Konserin iki de genç solisti var: (Genç mi dedim? Neredeyse çocuk bunlar!) Ayla Erduran ve İdil Biret..

O akşam Adnan Saygun’un 1. Piyano Konçertosu’nun dünyadaki ilk çalınışı… Piyanonun başında İdil Biret.

Ve işte şimdi sürprizi açıklıyorum: O akşam Adnan Saygun’un yönettiği o 1. Piyano Konçertosu’nun konser kaydı, şu sıralarda ABD’de dijital ortama geçiriliyor ve CD, aralık ayında piyasaya sürülecek. Bu tarihi konserin kaydı İdil Biret arşivinde bulunuyordu. Dijital ortama geçirecek olan ise bu işin ustası Mark Obert-Thorn… Bu CD’de ayrıca Adnan Saygun’un İdil Biret’e ithaf ettiği 12 Prelüt, 70’lerdeki konser kayıtlarıyla yer alacak…

Ben bu heyecan verici kaydı beklerken, İdil Biret’in CD kayıtlarıyla ilgili çalışmalarına bir göz atayım dedim. İşte öğrendiklerim:

Gelecek Kuşaklara
Ekim ayında dünya piyasalarına İdil Biret’in komple Beethoven dizisi çıkıyor. 19 CD’den oluşan bu dizi, ölümsüz bestecinin 32 sonatını, 5 konçertosunu, Fantezi’yi ve Lizst’in piyanoya uyarladığı 9 senfonisini içeriyor.

23 yıla yayılan bir çalışma bu! (Bir çırpıda yazılan, bir çırpıda okunuveren şu yukarıdaki cümleyi, lütfen dönüp bir kez daha okuyun!) Bütün bu eserlerin tümünü, hepsini, tamamını konserlerde çalan ve tümünün kaydını yapan tarihteki ilk piyanist İdil Biret! Bildiğim kadarıyla halen de tek! Daha kimse böyle bir işe kalkışmadı!

Bir yandan Beethoven dizisini tamamlarken, bir yandan da Brahms, Chopin ve Rachmaninov’un tüm piyano eserlerini ve konçertolarını; Liszt, Çaykovsky, Ravel, Saint-Saens, Schumann, Grieg, Franck, Massenet’nin piyano konçertolarını ve solo piyano eserlerini; Boulez’in üç sonatını, Gyorgy Ligeti etütlerini; Berlioz’dan Symphonie Fantastique, Harold en Italie ve Stravinsky’nin “Ateşkuşu”nu 50 kadar CD’ye kaydettiğini anımsatayım.

İdil Biret ilk kayıtlarını Fransız radyosu stüdyolarında yaptığında 8 yaşındaydı. O gün bugün durmak bilmedi. O gün yaptığı kayıtların hemen hemen tümü bugün IBA (İdil Biret Arşivi) etiketi altında toplandı, toplanıyor. Yukarıda sözünü ettiklerim de…

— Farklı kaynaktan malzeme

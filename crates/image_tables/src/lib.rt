// What the words of an arena say, table by table. A table is a function of the words alone and knows no rule: whether
// an image is sound is stated above, over the tables.
//
// `specs/Tables.antt` has the tables, `specs/Forms.antt` the forms of the words that pack several fields: what a word of
// the write-ahead lines, of a slab's state and of its index table may be. Codecs and the definition of an image that is
// well formed cite these.
//
// The table of live extents (`specs/Extents.antt`) says for each granule what extent starts there. It is read off the
// log (`specs/Log.antt`): the active chunks in the order of the directory, each chunk's entries by number, and of the
// entries that name a start the last one decides. `extent_at` is opaque: the layers above know it by what a store
// leaves of it (`proofs/Extents.antt`), a store to the log's end and a store elsewhere.
#![tactic(auto)]

mod entry;
mod extent;

pub use entry::WalEntry;
pub use extent::Extent;
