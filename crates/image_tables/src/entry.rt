// What a write-ahead entry says is under way.

/// A write-ahead entry.
#[derive(Clone, Copy, Debug, PartialEq, Eq)]
pub enum WalEntry {
    /// A small block comes to a root, or goes from it: the root, the block's first byte in the arena, whether it is an old
    /// block of its slab, and then its place in the slab's index table, from 0 to 63.
    Place {
        root: u32,
        at: u32,
        old: bool,
        place: u32,
    },
    /// A block of any size moves from a root to another.
    Move {
        from: u32,
        to: u32,
    },
}
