//! Typed procedures and units.

use crate::statement::{BlockHead, TypedStatement};
use crate::template::{Template, VariableGroup};
use pli_base::Name;
use pli_map::{Description, ParameterType};
use pli_program::VariableKind;

/// A procedure.
#[derive(Drop)]
pub struct TypedProcedure {
    /// Whether it is an ON-unit, which takes nothing and gives nothing.
    pub is_on_unit: bool,
    pub head: BlockHead,
    /// The block in which it stands; none for an external procedure.
    pub parent: Option<usize>,
    pub parameters: usize,
    /// The number of a function's END, which must not be reached; none where it returns no value.
    pub function_end: Option<u32>,
    pub statements: Vec<TypedStatement>,
}

/// What an external procedure takes, and what it gives if it is a function.
#[derive(Drop)]
pub struct Signature {
    pub parameters: Vec<ParameterType>,
    pub result: Option<Description>,
}

/// What a unit names in a row that is there for the whole program, as the names of one item of DECLARE are.
#[derive(Drop)]
pub enum GlobalGroup {
    /// Variables of the unit's own.
    OwnVariables {
        kind: VariableKind,
        variables: VariableGroup,
    },
    /// Variables of these names, which all units that declare them share.
    ExternalVariables {
        names: Vec<Name>,
        kind: VariableKind,
        template: Template,
    },
    /// External procedures of these names.
    EntryPoints {
        names: Vec<Name>,
        signature: Signature,
    },
}

/// A unit.
#[derive(Drop)]
pub struct TypedUnit {
    pub name: Name,
    /// The name of its external procedure.
    pub procedure: Name,
    /// Whether it has OPTIONS(MAIN).
    pub is_main: bool,
    /// What its external procedure takes and gives.
    pub signature: Signature,
    /// Its globals, in the order of the text.
    pub globals: Vec<GlobalGroup>,
    /// The external procedure first.
    pub procedures: Vec<TypedProcedure>,
}
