//! Typed statements. Statements of a unit are numbered from 1 in the order in which they begin, its blocks from 0 in
//! the order of the text (own).

use crate::conversion::Conversion;
use crate::expression::{Callee, TypedArgument, TypedExpression, TypedReference};
use crate::iteration::Iteration;
use crate::template::{Template, VariableGroup};
use pli_base::statement::Condition;
use pli_map::Description;

/// What an activation of a block begins with.
#[derive(Drop)]
pub struct BlockHead {
    /// The block.
    pub number: usize,
    /// Its PROCEDURE, BEGIN or ON.
    pub statement: u32,
    /// Its AUTOMATIC variables in the order of the text.
    pub variables: Vec<VariableGroup>,
    /// How many temporaries its code has.
    pub temporaries: usize,
}

/// What an item of ALLOCATE makes.
#[derive(Drop)]
pub enum AllocatedItem {
    /// A generation of a CONTROLLED variable, by the number of its global. Those of a unit are counted from 0.
    Controlled {
        number: usize,
    },
    /// A generation of a BASED variable, which is made from this template. The pointer to it is kept in this temporary
    /// while its target is found.
    Based {
        template: Template,
        temporary: usize,
        target: TypedReference,
    },
    /// A block of an area for a BASED variable, which is made from this template. The pointer to it is kept in this
    /// temporary while its target is found, and is then converted to the target.
    InArea {
        area: TypedReference,
        template: Template,
        temporary: usize,
        target: TypedReference,
        conversion: Conversion,
    },
}

/// What an item of FREE ends.
#[derive(Drop)]
pub enum FreedItem {
    /// The newest generation of a CONTROLLED variable, by the number of its global. Those of a unit are counted from
    /// 0.
    Controlled {
        number: usize,
    },
    /// The generation or the block of a BASED variable of this whole description to which a pointer leads.
    Based {
        locator: TypedExpression,
        description: Description,
    },
}

/// A statement, with all the statements inside it.
#[cycle(typed_statement)]
#[derive(Drop)]
pub struct TypedStatement {
    pub number: u32,
    pub form: Form,
}

/// What a statement does (X3.74). Values stand converted to what they are put into.
#[cycle(typed_statement)]
#[derive(Drop)]
pub enum Form {
    Null,
    /// A value assigned to a scalar.
    Assign {
        target: TypedReference,
        value: TypedExpression,
    },
    /// A string assigned to a parameter of any length, to whose length it is fitted.
    AssignString {
        target: TypedReference,
        value: TypedExpression,
    },
    /// An aggregate assigned to one of an equal description.
    AssignAggregate {
        target: TypedReference,
        source: TypedReference,
    },
    /// The blocks of an area assigned to another.
    AssignArea {
        target: TypedReference,
        source: TypedReference,
    },
    /// All blocks of an area end (EMPTY).
    EmptyArea(TypedReference),
    /// Items are characters or bits.
    Put {
        skip: bool,
        items: Vec<TypedExpression>,
    },
    /// One item after the other.
    Allocate(Vec<AllocatedItem>),
    /// One item after the other.
    Free(Vec<FreedItem>),
    If {
        condition: TypedExpression,
        consequence: Box<TypedStatement>,
        alternative: Option<Box<TypedStatement>>,
    },
    Begin {
        head: BlockHead,
        statements: Vec<TypedStatement>,
    },
    Group(Vec<TypedStatement>),
    While {
        condition: TypedExpression,
        statements: Vec<TypedStatement>,
    },
    Iterate {
        iteration: Box<Iteration>,
        statements: Vec<TypedStatement>,
    },
    /// A call of a procedure that is no function.
    Call {
        callee: Callee,
        arguments: Vec<TypedArgument>,
    },
    /// The label is that of the statement of this number, in the block so many static links outward.
    Goto {
        outward: usize,
        label: u32,
    },
    /// RETURN out of so many BEGIN blocks.
    Return {
        outward: usize,
    },
    ReturnValue {
        outward: usize,
        value: TypedExpression,
    },
    Stop,
    /// The activation has the ON-unit of this block for a condition from then on.
    On {
        condition: Condition,
        block: usize,
    },
    /// The activation has none for the condition from then on.
    Revert(Condition),
    /// The condition is raised.
    Signal(Condition),
}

Müthiş bir çaba! Olağanüstü emek! Akıllara durgunluk veren bir çalışma, bir üretim, bir disiplin…

Kalabalık bir toplulukta şu size verdiğim dökümü paylaşıyordum. Dinleyenlerden biri, “Bugünün Türkiye’sinde kaç kişi farkında ki?” deyiverdi…

“Türkiye değilse de dünya farkında” demekten kendimi alamadım…

Bakmayın son yıllarda değer ölçülerimizin allak bullak olmasına, giderek içimize kapanmamıza; geçmişe duyulan özleme; “ötekine” karşı öfkeyle yatıp kalkmamıza; “popüler kültür” adı altında halk dalkavukluğu yarışına girdiğimize… Cumhuriyet ilkeleriyle yetişen değerler kolay kolay yok olmuyor. Emeği, çabayı, bayrak yarışını sürdürüyorlar….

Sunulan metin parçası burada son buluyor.